**Data records:**

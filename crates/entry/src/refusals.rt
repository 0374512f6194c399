// The refusals, each with its number.
ghost use Rattle.std.specs.Prelude.{◌≡◌};
ghost use Rattle.entry.specs.Refusals.{number, place};

/// Where in a feed a fault is: the number of its record, from 1, and the bit, from 0 at the feed's start.
#[derive(Clone, Copy, PartialEq, Eq, Debug)]
pub struct Place {
    pub number: usize,
    pub bit: usize,
}

/// Why an entry or a call is refused. A refused call changes nothing.
#[derive(Clone, Copy, PartialEq, Eq, Debug)]
pub enum Refusal {
    /// A code or figure is outside its range, or LR is above UR.
    OutOfRange,
    /// The time is below the day's time, or above the last one.
    BadTime,
    /// There is no session at that time.
    NoSession,
    /// The price is outside the static limits.
    OutsideStatic,
    /// The price is outside the dynamic limits.
    OutsideDynamic,
    /// A buy at or above the best sell, or a sell at or below the best buy.
    Crosses,
    /// The level has 65,535 orders.
    LevelFull,
    /// There is no place for a new level.
    NoPlace,
    /// Nothing stands there.
    NothingThere,
    /// The trail is shorter than the list of entries.
    TrailShort,
    /// The board has a level when the day is opened.
    BoardNotEmpty,
    /// The window overlaps another.
    WindowOverlaps,
    /// It would be the 33rd window.
    TooManyWindows,
    /// The feed ends inside a record: told with the record and its first bit.
    FeedEnds(Place),
    /// The record's kind is unknown: told with the record and its first bit.
    UnknownKind(Place),
    /// A spare bit is set: told with the record and its first spare bit.
    SpareBitSet(Place),
    /// The feed has more than 65,536 bytes.
    FeedTooLong,
    /// The output is too short for the record.
    OutputShort,
}

impl Refusal {
    /// The refusal's number, 1 to 18.
    pub fn number(self) -> u8
        ensures answer { result ≡ number self }
    {
        match self {
            Refusal::OutOfRange => 1,
            Refusal::BadTime => 2,
            Refusal::NoSession => 3,
            Refusal::OutsideStatic => 4,
            Refusal::OutsideDynamic => 5,
            Refusal::Crosses => 6,
            Refusal::LevelFull => 7,
            Refusal::NoPlace => 8,
            Refusal::NothingThere => 9,
            Refusal::TrailShort => 10,
            Refusal::BoardNotEmpty => 11,
            Refusal::WindowOverlaps => 12,
            Refusal::TooManyWindows => 13,
            Refusal::FeedEnds(_) => 14,
            Refusal::UnknownKind(_) => 15,
            Refusal::SpareBitSet(_) => 16,
            Refusal::FeedTooLong => 17,
            Refusal::OutputShort => 18,
        }
    }

    /// Where in a feed the fault is. None for what is no fault in a feed.
    pub fn place(self) -> Option<Place>
        ensures answer { result ≡ place self }
    {
        match self {
            Refusal::FeedEnds(place) | Refusal::UnknownKind(place) | Refusal::SpareBitSet(place) =>
                Some(place),
            _ => None,
        }
    }
}
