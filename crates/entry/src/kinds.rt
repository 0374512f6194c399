// The kinds of entry, each with its code.
ghost use Rattle.std.specs.Prelude.{◌≡◌};
ghost use Rattle.entry.specs.Kinds.{code, kind_answer, kind_of};

use crate::Entry;
use crate::codes::UnknownCode;

/// The kinds of entry, each with its code.
#[derive(Clone, Copy, PartialEq, Eq, Debug)]
pub enum Kind {
    Clock,
    Post,
    Leave,
    Trade,
    Parameters,
    Reference,
    Ruling,
}

impl From<Entry> for Kind {
    ghost from_gives = { λ entry result. result ≡ kind_of entry };

    /// The kind of an entry.
    fn from(entry: Entry) -> Kind {
        match entry {
            Entry::Clock { .. } => Kind::Clock,
            Entry::Post { .. } => Kind::Post,
            Entry::Leave { .. } => Kind::Leave,
            Entry::Trade { .. } => Kind::Trade,
            Entry::Parameters { .. } => Kind::Parameters,
            Entry::Reference { .. } => Kind::Reference,
            Entry::Ruling { .. } => Kind::Ruling,
        }
    }
}

impl From<Kind> for u8 {
    ghost from_gives = { λ kind result. result ≡ code kind };

    /// The code of the kind.
    fn from(kind: Kind) -> u8 {
        kind as u8
    }
}

impl TryFrom<u8> for Kind {
    type Error = UnknownCode;

    ghost try_from_gives = { λ n result. result ≡ kind_answer n };

    /// The kind with a code, if there is one.
    fn try_from(code: u8) -> Result<Kind, UnknownCode> {
        match code {
            0 => Ok(Kind::Clock),
            1 => Ok(Kind::Post),
            2 => Ok(Kind::Leave),
            3 => Ok(Kind::Trade),
            4 => Ok(Kind::Parameters),
            5 => Ok(Kind::Reference),
            6 => Ok(Kind::Ruling),
            _ => Err(UnknownCode(code)),
        }
    }
}
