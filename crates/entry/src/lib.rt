//! What a day is told, one entry at a time, in raw figures: any figure that fits its type may come, and is judged later.
#![tactic(auto)]

pub mod codes;
pub mod kinds;
pub mod refusals;
pub mod sides;
pub mod windows;

/// The side of an order. A higher price is better for a buy, a lower one for a sell.
#[derive(Clone, Copy, PartialEq, Eq, Debug)]
pub enum Side {
    Buy,
    Sell,
}

/// The risk parameters: settlement price, fluctuation limit, and the two recalculation limits of the risk radius.
#[derive(Clone, Copy, PartialEq, Eq, Debug)]
pub struct Params {
    pub sp: u32,
    pub l: u32,
    pub ur: u32,
    pub lr: u32,
}

// Modes and sessions are numbers here, since any may come and the engine refuses those that are none.
/// One entry. Times are milliseconds since midnight of the trading day's first calendar day, prices are price units.
#[derive(Clone, Copy, PartialEq, Eq, Debug)]
pub enum Entry {
    /// Time goes on, and nothing else happens.
    Clock {
        time: u32,
    },
    /// An order is announced. Mode 0 is main trading, 2 negotiated deals.
    Post {
        time: u32,
        side: Side,
        mode: u8,
        price: u32,
    },
    /// One order of main trading leaves.
    Leave {
        time: u32,
        side: Side,
        price: u32,
    },
    /// A trade. Mode 0 is main trading, 1 the closing auction, 2 negotiated deals.
    Trade {
        time: u32,
        mode: u8,
        price: u32,
        quantity: u32,
    },
    /// New risk parameters.
    Parameters {
        time: u32,
        params: Params,
    },
    /// A reference price for a session: 1 morning, 2 main, 3 evening, 4 weekend morning.
    Reference {
        time: u32,
        session: u8,
        price: u32,
    },
    /// The exchange sets the quotation.
    Ruling {
        time: u32,
        price: u32,
    },
}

**Requirement:** Note each line of the entries that has "OutsideStatic" in it, and copy those lines.

**Result of the exercise:**
    OutsideStatic,
            Refusal::OutsideStatic => 4,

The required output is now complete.